(Collected data entries)
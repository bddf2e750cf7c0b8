//! How long something takes, each time.

use server_metrics::{Bucket, Times};
use std::alloc::Global;
use std::sync::atomic::{AtomicU64, Ordering};
use values::{Listed, NoMemory};

// The bounds of the buckets, in microseconds.
const BOUNDS: [u64; 10] = [
    100, 500, 1000, 5000, 10_000, 50_000, 100_000, 500_000, 1_000_000, 5_000_000,
];

/// Counts times by their length. Threads share it.
#[derive(Drop)]
pub(crate) struct Histogram {
    // How many times there were, and how long they took together.
    count: AtomicU64,
    total: AtomicU64,
    // Those that are in each bucket and in none before it.
    buckets: [AtomicU64; 10],
}

impl Histogram {
    pub fn new() -> Histogram {
        Histogram {
            count: AtomicU64::new(0),
            total: AtomicU64::new(0),
            buckets: [
                AtomicU64::new(0),
                AtomicU64::new(0),
                AtomicU64::new(0),
                AtomicU64::new(0),
                AtomicU64::new(0),
                AtomicU64::new(0),
                AtomicU64::new(0),
                AtomicU64::new(0),
                AtomicU64::new(0),
                AtomicU64::new(0),
            ],
        }
    }

    /// Counts a time of so many microseconds.
    pub fn add(&self, took: u64) {
        self.count.fetch_add(1, Ordering::SeqCst);
        self.total.fetch_add(took, Ordering::SeqCst);
        for (bound, bucket) in BOUNDS.iter().zip(self.buckets.iter()) {
            if took <= *bound {
                bucket.fetch_add(1, Ordering::SeqCst);
                break;
            }
        }
    }

    /// The counts. Each bucket has the times of those before it, too. They are read before the number of all, which is
    /// counted first, so that none has more.
    pub fn times(&self, alloc: Global) -> Result<Times, NoMemory> {
        let mut buckets = Vec::with_capacity(alloc, BOUNDS.len())?;
        let mut so_far: u64 = 0;
        for (bound, bucket) in BOUNDS.iter().zip(self.buckets.iter()) {
            so_far = so_far.saturating_add(bucket.load(Ordering::SeqCst));
            buckets.push(Bucket {
                bound: *bound,
                count: so_far,
            })?;
        }
        Ok(Times {
            buckets: Listed::from_vec(buckets),
            count: self.count.load(Ordering::SeqCst),
            total: self.total.load(Ordering::SeqCst),
        })
    }
}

> _Instructions to follow_:
Set down every record above exactly as given.

> _Reply_:
repository bddf2e750cf7c0b8
//! How long something takes, each time.

use server_metrics::{Bucket, Times};
use std::alloc::Global;
use std::sync::atomic::{AtomicU64, Ordering};
use values::{Listed, NoMemory};

// The bounds of the buckets, in microseconds.
const BOUNDS: [u64; 10] = [
    100, 500, 1000, 5000, 10_000, 50_000, 100_000, 500_000, 1_000_000, 5_000_000,
];

/// Counts times by their length. Threads share it.
#[derive(Drop)]
pub(crate) struct Histogram {
    // How many times there were, and how long they took together.
    count: AtomicU64,
    total: AtomicU64,
    // Those that are in each bucket and in none before it.
    buckets: [AtomicU64; 10],
}

impl Histogram {
    pub fn new() -> Histogram {
        Histogram {
            count: AtomicU64::new(0),
            total: AtomicU64::new(0),
            buckets: [
                AtomicU64::new(0),
                AtomicU64::new(0),
                AtomicU64::new(0),
                AtomicU64::new(0),
                AtomicU64::new(0),
                AtomicU64::new(0),
                AtomicU64::new(0),
                AtomicU64::new(0),
                AtomicU64::new(0),
                AtomicU64::new(0),
            ],
        }
    }

    /// Counts a time of so many microseconds.
    pub fn add(&self, took: u64) {
        self.count.fetch_add(1, Ordering::SeqCst);
        self.total.fetch_add(took, Ordering::SeqCst);
        for (bound, bucket) in BOUNDS.iter().zip(self.buckets.iter()) {
            if took <= *bound {
                bucket.fetch_add(1, Ordering::SeqCst);
                break;
            }
        }
    }

    /// The counts. Each bucket has the times of those before it, too. They are read before the number of all, which is
    /// counted first, so that none has more.
    pub fn times(&self, alloc: Global) -> Result<Times, NoMemory> {
        let mut buckets = Vec::with_capacity(alloc, BOUNDS.len())?;
        let mut so_far: u64 = 0;
        for (bound, bucket) in BOUNDS.iter().zip(self.buckets.iter()) {
            so_far = so_far.saturating_add(bucket.load(Ordering::SeqCst));
            buckets.push(Bucket {
                bound: *bound,
                count: so_far,
            })?;
        }
        Ok(Times {
            buckets: Listed::from_vec(buckets),
            count: self.count.load(Ordering::SeqCst),
            total: self.total.load(Ordering::SeqCst),
        })
    }
}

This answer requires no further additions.